***** Supplied records *****
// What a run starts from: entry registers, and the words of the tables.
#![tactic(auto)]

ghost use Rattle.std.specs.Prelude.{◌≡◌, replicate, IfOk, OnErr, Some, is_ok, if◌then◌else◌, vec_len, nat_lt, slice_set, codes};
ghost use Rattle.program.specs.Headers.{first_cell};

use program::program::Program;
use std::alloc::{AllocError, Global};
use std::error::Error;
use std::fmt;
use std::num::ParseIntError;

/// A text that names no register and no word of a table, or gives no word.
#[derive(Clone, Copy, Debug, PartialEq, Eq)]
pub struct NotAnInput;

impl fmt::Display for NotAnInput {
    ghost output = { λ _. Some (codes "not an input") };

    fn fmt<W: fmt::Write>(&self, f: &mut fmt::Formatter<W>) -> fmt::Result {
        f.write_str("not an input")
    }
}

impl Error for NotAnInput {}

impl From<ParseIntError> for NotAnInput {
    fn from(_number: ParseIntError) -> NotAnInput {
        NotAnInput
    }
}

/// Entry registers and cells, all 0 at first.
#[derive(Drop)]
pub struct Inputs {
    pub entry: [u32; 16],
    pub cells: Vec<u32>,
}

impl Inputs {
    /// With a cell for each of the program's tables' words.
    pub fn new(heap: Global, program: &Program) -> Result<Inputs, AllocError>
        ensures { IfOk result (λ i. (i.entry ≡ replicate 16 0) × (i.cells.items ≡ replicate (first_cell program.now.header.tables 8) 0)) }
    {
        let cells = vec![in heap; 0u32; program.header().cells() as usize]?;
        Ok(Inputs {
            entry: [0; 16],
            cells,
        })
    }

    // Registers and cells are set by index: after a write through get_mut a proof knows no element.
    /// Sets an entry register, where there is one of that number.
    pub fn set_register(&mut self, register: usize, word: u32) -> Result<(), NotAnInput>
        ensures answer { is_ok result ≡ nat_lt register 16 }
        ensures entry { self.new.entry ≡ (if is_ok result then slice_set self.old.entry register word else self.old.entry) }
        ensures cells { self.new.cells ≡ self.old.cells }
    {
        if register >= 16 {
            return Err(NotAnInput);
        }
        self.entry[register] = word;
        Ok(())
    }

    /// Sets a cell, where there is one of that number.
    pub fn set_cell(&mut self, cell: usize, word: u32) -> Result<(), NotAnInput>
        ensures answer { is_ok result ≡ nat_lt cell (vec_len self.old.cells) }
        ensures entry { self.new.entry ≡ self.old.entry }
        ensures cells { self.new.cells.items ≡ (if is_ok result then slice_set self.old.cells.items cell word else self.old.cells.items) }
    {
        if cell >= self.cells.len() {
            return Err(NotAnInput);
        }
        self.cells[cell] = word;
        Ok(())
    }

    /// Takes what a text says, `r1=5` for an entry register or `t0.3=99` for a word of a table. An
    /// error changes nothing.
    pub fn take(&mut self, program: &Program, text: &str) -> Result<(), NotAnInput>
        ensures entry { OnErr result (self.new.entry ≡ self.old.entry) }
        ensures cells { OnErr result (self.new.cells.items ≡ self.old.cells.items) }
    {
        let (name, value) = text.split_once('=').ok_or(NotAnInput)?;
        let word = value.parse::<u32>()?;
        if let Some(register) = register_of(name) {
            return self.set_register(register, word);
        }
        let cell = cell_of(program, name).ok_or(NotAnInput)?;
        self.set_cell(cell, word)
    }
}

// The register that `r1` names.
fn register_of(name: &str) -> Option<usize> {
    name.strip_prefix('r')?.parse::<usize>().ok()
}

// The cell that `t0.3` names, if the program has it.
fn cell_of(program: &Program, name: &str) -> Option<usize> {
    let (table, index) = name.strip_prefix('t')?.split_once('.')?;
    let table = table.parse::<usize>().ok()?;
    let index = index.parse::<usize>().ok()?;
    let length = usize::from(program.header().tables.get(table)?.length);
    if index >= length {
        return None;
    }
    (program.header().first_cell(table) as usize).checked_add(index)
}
*****
Exercise prompt:
Taking the line with "let index = index.parse::<usize>().ok()?;" as the start and the last line of the data above as the end, write out those two lines and every line between them exactly, and only those.

Completed exercise:
    let index = index.parse::<usize>().ok()?;
    let length = usize::from(program.header().tables.get(table)?.length);
    if index >= length {
        return None;
    }
    (program.header().first_cell(table) as usize).checked_add(index)
}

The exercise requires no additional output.